The other night, I fully intended to get some organizing done, so I went down to the shack and fired up my trusty old Crosley 86CR so that I could catch the Tigers game while going about the task at hand.  The 86CR is an interesting old set in a couple ways:  It covers the current FM band (was manufactured in '47), but the dial is calibrated in FCC channel numbers rather than the more familiar frequencies of 88-108 MHz.  It also uses an odd double conversion scheme, 5825 and 167.5 KHz, on the AM and SW bands.  

Apparently, the 86CR wasn't intended to be used from the basement of a home at the fringes of a metropolitan area, as it lacks an RF amplifier ahead of the mixer.  So, as I moved around the shack while listening to the ball game (on FM), the signal would fade in and out.  Irritating.  Gotta fix that, but don't want to put much time, effort or money into it.  

I call the circuit that I whipped up "The Adequate Preamplifier".  It's nothing particularly special or unique, costs about a buck, and gets the job done.

 The circuit uses a pair of J-310 JFETs in cascode.  Some folks like to think of this as being similar to a dual-gate FET, which I suppose it is, but when I look at it, I see a common-source amplifier (Q2) direct coupled to a common gate amp (Q1.)  Tomato, tomahto.  

The input network provides some semblance of a bandpass filter.  The LC network is comprised of L1, C3 and the gate capacitance of Q2.  With the antenna - a couple feet of wire dangling behind the set - connected as shown, there's enough load on the circuit for it to provide gain across the FM dial without retuning.  

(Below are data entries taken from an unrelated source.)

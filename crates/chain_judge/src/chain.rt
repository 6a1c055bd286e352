//! A transaction that is under way.
ghost use Rattle.std.specs.Prelude.{◌≡◌, ◌↔◌, ◌++◌, ◌∷◌, [], Some, IsTrue, OnOk, OnErr};
ghost use Rattle.std.specs.List.{list_any};
ghost use Rattle.store_model.specs.Lists.{last_of};
ghost use Rattle.wal_record.specs.OpenWrites.{without_last};
ghost use Rattle.wal_record.specs.State.{same_key};
ghost use Rattle.chain_judge.specs.Chains.{TakesLast, is_at_key};

use std::alloc::AllocFailed;
use store_model::{Key, Lsn, Value};
use wal_record::{Apply, Undo, Write};

/// An open write: its key, the value that it found there, and the LSN of its transaction's record before it.
#[derive(Drop)]
pub struct OpenChange {
    pub key: Key,
    pub old: Option<Value>,
    pub prev: Lsn,
}

/// The LSN of a transaction's last record, and its open writes, oldest first.
#[derive(Drop)]
pub struct Chain {
    pub last: Lsn,
    pub writes: Vec<OpenChange>,
}

fn copied_value(value: &Option<Value>) -> Option<Value>
    ensures { result ≡ value.now }
{
    match value {
        Some(value) => Some(value.copied()),
        None => None,
    }
}

/// What is kept of a write.
pub fn change_of_write(write: &Write) -> OpenChange
    ensures { result ≡ record { key = write.now.key; old = write.now.old; prev = write.now.prev } }
{
    OpenChange {
        key: write.key.copied(),
        old: copied_value(&write.old),
        prev: write.prev,
    }
}

/// What is kept of an operator's write.
pub fn change_of_apply(apply: &Apply) -> OpenChange
    ensures { result ≡ record { key = apply.now.key; old = apply.now.old; prev = apply.now.prev } }
{
    OpenChange {
        key: apply.key.copied(),
        old: copied_value(&apply.old),
        prev: apply.prev,
    }
}

/// Takes the last one off, if there is one.
pub fn take_last(writes: &mut Vec<OpenChange>)
    ensures { writes.new.items ≡ without_last writes.old.items }
{
    writes.pop();
}

/// Whether it changed the key.
fn is_at_key(change: &OpenChange, key: &Key) -> bool
    ensures { result ≡ is_at_key key.now change.now }
{
    key.cmp(&change.key).is_eq()
}

/// Whether one of them changed the key.
pub fn any_of(writes: &[OpenChange], key: &Key) -> bool
    ensures { result ≡ list_any (is_at_key key.now) writes.now }
{
    writes.iter().any(|write| is_at_key(write, key))
}

/// Whether the undo takes back this change.
fn is_undone(change: &OpenChange, undo: &Undo) -> bool
    ensures { IsTrue result ↔ TakesLast undo.now (Some change.now) }
{
    undo.key == change.key && undo.restores == change.old && undo.undo_next == change.prev
}

/// Whether the undo takes back the last one.
pub fn is_last_undone(writes: &[OpenChange], undo: &Undo) -> bool
    ensures { IsTrue result ↔ TakesLast undo.now (last_of writes.now) }
{
    match writes.last() {
        Some(change) => is_undone(change, undo),
        None => false,
    }
}
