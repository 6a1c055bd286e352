//! The locks as the tables keep them.
ghost use Rattle.std.proofs.Common.{rules};
ghost use Rattle.std.specs.Prelude.{◌≡◌, ◌≤◌, ◌↔◌, length, IsSome, IfSome, IsTrue};
ghost use Rattle.std.specs.Cmp.{partial_order_from_own_ties};
ghost use Rattle.std.specs.Cmp.Rules.{comparing};
ghost use Rattle.std.specs.Cmp.Lexicographic.{slice_cmp};
ghost use Rattle.std.specs.Ordering.{nat_cmp, on, then_cmp, as_partial_cmp};
ghost use Rattle.store_model.specs.Range.{point};
ghost use Rattle.range_lock.specs.Point.{HasLength, IsKey};

use arrayvec::ArrayVec;
use std::cmp::Ordering;
use std::marker::Model;
use store_model::{KEY_BYTES, Key, KeyRange, Mode, TxId};
use text_order::compare_texts;

/// Whether these bytes are a key: they are 1 to [`KEY_BYTES`].
pub fn is_key(text: &[u8]) -> bool
    ensures { IsTrue result ↔ IsKey text.now }
{
    !text.is_empty() && text.len() <= KEY_BYTES
}

/// A transaction's lock on a single key, with room for a key of `N` bytes. These are ordered by key, then by transaction.
#[derive(PartialEq, Eq, Drop)]
pub struct PointEntry<const N: usize> {
    key: ArrayVec<u8, N>,
    tx: TxId,
}

impl<const N: usize> Model for PointEntry<N> {
    ghost use Rattle.range_lock.specs.Point.{PointLock, IsKey};

    ghost Value = { PointLock };

    ghost view = { λ l. record { key = l.key.items; tx = l.tx } };

    ghost invariant = { λ l. IsKey l.key.items };

    ghost inverse = { λ p. record { key = record { items = p.key }; tx = p.tx } };
}

impl<const N: usize> PointEntry<N> {
    /// A lock on the key of these bytes, if they are a key that has room.
    pub fn new(text: &[u8], tx: TxId) -> Option<PointEntry<N>>
        ensures value { IfSome result (λ p. p ≡ record { key = text.now; tx = tx }) }
        ensures exact { IsSome result ↔ (IsKey text.now × (length text.now ≤ N)) }
    {
        if !is_key(text) {
            return None;
        }
        match ArrayVec::try_from(text) {
            Ok(key) => Some(PointEntry { key, tx }),
            Err(_) => None,
        }
    }

    /// The bytes of its key.
    pub fn text(&self) -> &[u8]
        ensures { result.now ≡ self.now.key }
    {
        self.key.as_slice()
    }

    /// Who holds it.
    pub fn tx(&self) -> TxId
        ensures { result ≡ self.now.tx }
    {
        self.tx
    }

    /// The range of its key.
    pub fn place(&self) -> KeyRange
        ensures { result ≡ point self.now.key }
    {
        match Key::new(self.key.as_slice()) {
            Some(key) => KeyRange::point(&key),
            None => unreachable!(),
        }
    }
}

impl<const N: usize> Ord for PointEntry<N> {
    ghost cmp = { then_cmp (on (λ l. l.key) (slice_cmp nat_cmp)) (on (λ l. l.tx) nat_cmp) };

    ghost total = { Prim.search (comparing, rules) };

    ghost matches_partial_cmp = { Prim.search (comparing, rules) };

    ghost matches_eq = { Prim.search (comparing, rules) };

    fn cmp(&self, other: &PointEntry<N>) -> Ordering {
        // (The transactions are compared only where the keys are equal, which is rare.)
        match compare_texts(self.key.as_slice(), other.key.as_slice()) {
            Ordering::Equal => self.tx.cmp(&other.tx),
            order => order,
        }
    }
}

impl<const N: usize> PartialOrd for PointEntry<N> {
    ghost partial_cmp = { as_partial_cmp (then_cmp (on (λ l. l.key) (slice_cmp nat_cmp)) (on (λ l. l.tx) nat_cmp)) };

    ghost laws = { partial_order_from_own_ties (Prim.search (comparing, rules)) (Prim.search (comparing, rules)) };

    fn partial_cmp(&self, other: &PointEntry<N>) -> Option<Ordering> {
        Some(self.cmp(other))
    }
}

/// A lock on a wider range.
#[derive(Drop)]
pub struct RangeLock {
    pub range: KeyRange,
    pub mode: Mode,
}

The output transformer, made from a broken TV balun, provides balanced outputs to mate to the old Crosley. 

Performance?  I made no effort to quantify anything - it's got gain and doesn't oscillate, and the voices of Jim Price and Dan Dickerson are coming through the speaker loud and clear.  Performance: Adequate.

The next step will be powering it from the Crosley and hiding it below deck.  It doesn't draw beans for current, so maybe I can power it across the cathode resistor of the 6V6...

At this rate, I doubt the shack will ever get cleaned.